Licence & development fees
At 1 January 2012 licence and development fees related to an agreement, dated 14 May 2009, with Imagination Technologies Group plc to licence a next generation communication and digital radio multimedia IP platform. The consideration for the licence deal consisted of a number of payments scheduled over the duration of the Group's development projects. The remaining life of this asset is five years. The additions in the year relate to technology on new projects essential to the future development of the new generation digital chips. The licences will be amortised in accordance with the Group accounting policy and will be subject to an annual impairment review.
Marketing
Marketing-related intangible assets are defined as those assets that are primarily used in the marketing or promotion of products and services. The Frontier solutions are well known and preferred by a majority of the consumer electronic brands who specifically instruct their manufacturers to use Frontier modules and solutions in their audio systems.
Customer relationships
Customer-related intangible assets may consist of customer lists, order or production backlogs, customer contracts and relationships, and non-contractual customer relationships. Frontier has developed relationships with both consumer electronic brands and manufacturers. The customer relationship valuation captures the economic benefits of having these trading relationships.
Impairment reviews
The Directors have tested all intangible assets for impairment in conjunction with their testing for goodwill, in accordance with the Group's accounting policy.
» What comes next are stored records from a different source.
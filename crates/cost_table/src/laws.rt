//! Laws of the table. A law is a function without code, whose contract says what holds.

ghost use Rattle.std.specs.Prelude.{◌≡◌, ◌⊎◌, ◌<◌, ◌≤◌, ◌*◌, ◌^◌, ℕ, List, length};
ghost use Rattle.std.specs.List.{All};
ghost use Rattle.casm_word.specs.Expressions.{IsExprInField};
ghost use Rattle.casm_word.specs.declared.cell_expr.CellExpr.{CellExpr};
ghost use Rattle.type_table.specs.View.{TypesView, IsTable};
ghost use Rattle.libfunc_registry.specs.declared.sig.Sig.{Sig};
ghost use Rattle.libfunc_registry.specs.Control.{jump};
ghost use Rattle.libfunc_registry.specs.Fam.{Fam, control, fam_of, gives};
ghost use Rattle.cost_table.specs.Costs.{charge, row_of};
ghost use Rattle.cost_table.specs.Fits.{IsSignature};
ghost use Rattle.cost_table.specs.NewCells.{AreLast};
ghost use Rattle.cost_table.specs.Results.{branch_types, cells_of, moved_by, result_terms, results};
ghost use Rattle.cost_table.specs.Terms.{known_change};

/// A branch that isn't free is charged 10 or more.
pub fn free_or_ten()
    ensures { (fam : Fam) (branch : ℕ) → (charge fam branch ≡ 0) ⊎ (10 ≤ charge fam branch) }
{}

/// A jump, and each branch of a libfunc with several, is charged 100 or more. So what is free falls through to the next
/// statement.
pub fn leaving_is_charged()
    ensures jumps { (branch : ℕ) → 100 ≤ charge (control jump) branch }
    ensures branches { (fam : Fam) (branch : ℕ) → 1 < length (gives fam) → 100 ≤ charge fam branch }
{}

/// Each cell that a branch is known to move ap by is charged 10 or more.
pub fn moves_are_charged()
    ensures { (fam : Fam) (branch : ℕ) → 10 * known_change (row_of fam branch).ap ≤ charge fam branch }
{}

/// A branch that is known to move ap moves it by at most `2^14` cells, or by fewer cells than there are branches.
pub fn moves_are_few()
    ensures { (types : TypesView) (sig : Sig) (branch : ℕ) → IsTable types → IsSignature types sig →
        (known_change (row_of (fam_of types sig.libfunc) branch).ap ≤ 2 ^ 14)
        ⊎ (known_change (row_of (fam_of types sig.libfunc) branch).ap < length (gives (fam_of types sig.libfunc))) }
{}

/// The new cells of a branch, in the order of its results, are the last cells below ap after it.
pub fn new_cells_are_last()
    ensures { (args : List CellExpr) (amount : ℕ) (fam : Fam) (branch : ℕ) → branch < length (gives fam) →
        AreLast (moved_by fam branch) (result_terms args amount fam branch) }
{}

/// A branch's results have as many expressions as their types have cells.
pub fn results_have_their_cells()
    ensures { (types : TypesView) (sig : Sig) (args : List CellExpr) (amount branch : ℕ) → IsSignature types sig → branch < length sig.branches →
        length (results args amount (fam_of types sig.libfunc) branch) ≡ cells_of (branch_types (fam_of types sig.libfunc) branch) }
{}

/// Numbers among a branch's results are below the field's order if those among the arguments are.
pub fn results_are_in_field()
    ensures { (types : TypesView) (sig : Sig) (args : List CellExpr) (amount branch : ℕ) → IsTable types → IsSignature types sig →
        All IsExprInField args → All IsExprInField (results args amount (fam_of types sig.libfunc) branch) }
{}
7. Annual reports and accounts
The Annual Report and Accounts for 2014 will be posted to Shareholders on 27 April 2015 and will also be available free of charge on request from the Group's registered office, 4th Floor, 137 Euston Road, London NW1 2AA and on the Group's website at www.toumaz.com.
8. Notice of Annual General Meeting
Notice is given that the Annual General Meeting of the members of Toumaz Ltd will be held at Instinctif Partners, 65 Gresham Street, London, EC2V 7NQ on the 28 May 2015.